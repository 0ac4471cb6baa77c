//! The headers that the exercise makes.

ghost use Rattle.std.specs.Prelude.{◌≡◌, ◌++◌, ◌∷◌, [], ◌<◌, ◌≤◌, ◌%◌, ◌+◌, length, codes, false, IfOk, OnOk, Ok};
ghost use Rattle.rpm_exercise.specs.Prelude.{data_of, file_items, generated_items, header, identity_items, IsText, laid_out, max_data, max_entries, numbered_word, provided_items, required_items, version};

use itoa::Buffer;
use rpm_header::{BuildFault, Builder, Form, TextList};
use std::alloc::{AllocError, Global};

/// A word and a number.
#[tactic(auto, using(crate::proofs::Texts::numbered_text))]
fn numbered(alloc: Global, word: &[u8], n: u32) -> Result<Vec<u8>, AllocError>
    requires { IsText word.now }
    ensures value { IfOk result (λ text. text.items ≡ numbered_word word.now n) }
    ensures text { IfOk result (λ text. IsText text.items) }
{
    let mut digits = Buffer::new();
    let mut text = Vec::new(alloc);
    text.extend_from_slice(word)?;
    text.extend_from_slice(digits.format(n).as_bytes())?;
    Ok(text)
}

/// The version of package `i`.
#[tactic(auto, using(crate::proofs::Texts::version_text))]
fn version(alloc: Global, i: u32, m: u32) -> Result<Vec<u8>, AllocError>
    ensures value { IfOk result (λ text. text.items ≡ version i m) }
    ensures text { IfOk result (λ text. IsText text.items) }
{
    let mut digits = Buffer::new();
    let mut text = Vec::new(alloc);
    text.extend_from_slice(digits.format(m).as_bytes())?;
    text.extend_from_slice(b".")?;
    text.extend_from_slice(digits.format(i % 10).as_bytes())?;
    Ok(text)
}

/// Adds its name, its version, its release and its architecture.
fn push_identity(builder: &mut Builder, name: &[u8], version: &[u8]) -> Result<(), AllocError>
    requires name { IsText name.now }
    requires version { IsText version.now }
    ensures { OnOk result (builder.new ≡ builder.old ++ identity_items name.now version.now) }
{
    builder.push_text(1000, name)?;
    builder.push_text(1001, version)?;
    builder.push_text(1002, b"1")?;
    builder.push_text(1022, b"noarch")?;
    Ok(())
}

/// A list of one text.
fn one_text(alloc: Global, text: &[u8]) -> Result<TextList, AllocError>
    requires { IsText text.now }
    ensures { IfOk result (λ texts. texts ≡ text.now ∷ []) }
{
    let mut texts = TextList::new(alloc);
    texts.add(text)?;
    Ok(texts)
}

/// A list of two texts.
fn two_texts(alloc: Global, first: &[u8], second: &[u8]) -> Result<TextList, AllocError>
    requires first { IsText first.now }
    requires second { IsText second.now }
    ensures { IfOk result (λ texts. texts ≡ first.now ∷ second.now ∷ []) }
{
    let mut texts = TextList::new(alloc);
    texts.add(first)?;
    texts.add(second)?;
    Ok(texts)
}

/// The versions of what it provides: its own with its release, and 1.
fn provided_versions(alloc: Global, version: &[u8]) -> Result<TextList, AllocError>
    requires { IsText version.now }
    ensures { IfOk result (λ texts. texts ≡ (version.now ++ codes "-1") ∷ codes "1" ∷ []) }
{
    let mut full = Vec::new(alloc);
    full.extend_from_slice(version)?;
    full.extend_from_slice(b"-1")?;
    two_texts(alloc, &full, b"1")
}

/// Adds what it provides: itself, and a capability.
fn push_provided(
    alloc: Global,
    builder: &mut Builder,
    name: &[u8],
    capability: &[u8],
    version: &[u8],
) -> Result<(), AllocError>
    requires name { IsText name.now }
    requires capability { IsText capability.now }
    requires version { IsText version.now }
    ensures { OnOk result (builder.new ≡ builder.old ++ provided_items name.now capability.now version.now) }
{
    let names = two_texts(alloc, name, capability)?;
    let versions = provided_versions(alloc, version)?;
    builder.push_texts(1047, Form::Texts, &names)?;
    builder.push_numbers(1112, Form::Int32, &[8, 8])?;
    builder.push_texts(1113, Form::Texts, &versions)
}

/// Adds what it requires: a capability, in any version.
fn push_required(alloc: Global, builder: &mut Builder, capability: &[u8]) -> Result<(), AllocError>
    requires { IsText capability.now }
    ensures { OnOk result (builder.new ≡ builder.old ++ required_items capability.now) }
{
    let names = one_text(alloc, capability)?;
    let versions = one_text(alloc, b"")?;
    builder.push_texts(1049, Form::Texts, &names)?;
    builder.push_numbers(1048, Form::Int32, &[0])?;
    builder.push_texts(1050, Form::Texts, &versions)
}

/// Adds its one file.
fn push_file(alloc: Global, builder: &mut Builder, name: &[u8]) -> Result<(), AllocError>
    requires { IsText name.now }
    ensures { OnOk result (builder.new ≡ builder.old ++ file_items name.now) }
{
    let names = one_text(alloc, name)?;
    let directories = one_text(alloc, b"/opt/")?;
    builder.push_texts(1117, Form::Texts, &names)?;
    builder.push_numbers(1116, Form::Int32, &[0])?;
    builder.push_texts(1118, Form::Texts, &directories)
}

/// The entries of package `i` with the leading number `m`.
fn entries(alloc: Global, i: u32, m: u32) -> Result<Builder, AllocError>
    requires { i < 4294967295 }
    ensures { IfOk result (λ builder. builder ≡ generated_items i m) }
{
    let name = numbered(alloc, b"pkg", i)?;
    let version = version(alloc, i, m)?;
    let provided = numbered(alloc, b"cap", i % 7)?;
    let required = numbered(alloc, b"cap", (i + 1) % 7)?;
    let file = numbered(alloc, b"f", i)?;
    let mut builder = Builder::new(alloc);
    push_identity(&mut builder, &name, &version)?;
    push_provided(alloc, &mut builder, &name, &provided, &version)?;
    push_required(alloc, &mut builder, &required)?;
    push_file(alloc, &mut builder, &file)?;
    Ok(builder)
}

/// Lays entries out that pass no limit.
fn lay_out(alloc: Global, builder: &Builder) -> Result<Vec<u8>, AllocError>
    requires entries { length builder.now ≤ max_entries }
    requires section { length (data_of false builder.now) ≤ max_data }
    ensures laid { IfOk result (λ blob. blob.items ≡ laid_out false builder.now) }
    ensures again { IfOk result (λ blob. header blob.items ≡ Ok (record { blob = blob.items; entries = builder.now })) }
{
    match builder.finish(alloc, false) {
        Ok(blob) => Ok(blob),
        Err(BuildFault::NoMemory) => Err(AllocError),
        Err(BuildFault::TooManyEntries | BuildFault::TooMuchData) => unreachable!(),
    }
}

/// The header `i` of the exercise with the leading number `m`, laid out without a region: it is named `pkgI`, has the
/// version `m.(i mod 10)`, provides itself and one of seven capabilities, requires the next of these, and has one file.
/// Read again it has exactly these entries. Takes a few small buffers, and one of the header's length, which is below
/// 512 bytes.
///
/// # Errors
///
/// `AllocError` where no memory is found.
#[tactic(auto, using(crate::proofs::Bounds::generated_within))]
pub fn generated(alloc: Global, i: u32, m: u32) -> Result<Vec<u8>, AllocError>
    requires { i < 4294967295 }
    ensures laid { IfOk result (λ blob. blob.items ≡ laid_out false (generated_items i m)) }
    ensures again { IfOk result (λ blob. header blob.items ≡ Ok (record { blob = blob.items; entries = generated_items i m })) }
{
    let builder = entries(alloc, i, m)?;
    lay_out(alloc, &builder)
}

######

- **Directions for this task**
In the entries above, find every line holding the word "TextList" and copy it out.

- **Output of the exercise**
use rpm_header::{BuildFault, Builder, Form, TextList};
fn one_text(alloc: Global, text: &[u8]) -> Result<TextList, AllocError>
    let mut texts = TextList::new(alloc);
fn two_texts(alloc: Global, first: &[u8], second: &[u8]) -> Result<TextList, AllocError>
    let mut texts = TextList::new(alloc);
fn provided_versions(alloc: Global, version: &[u8]) -> Result<TextList, AllocError>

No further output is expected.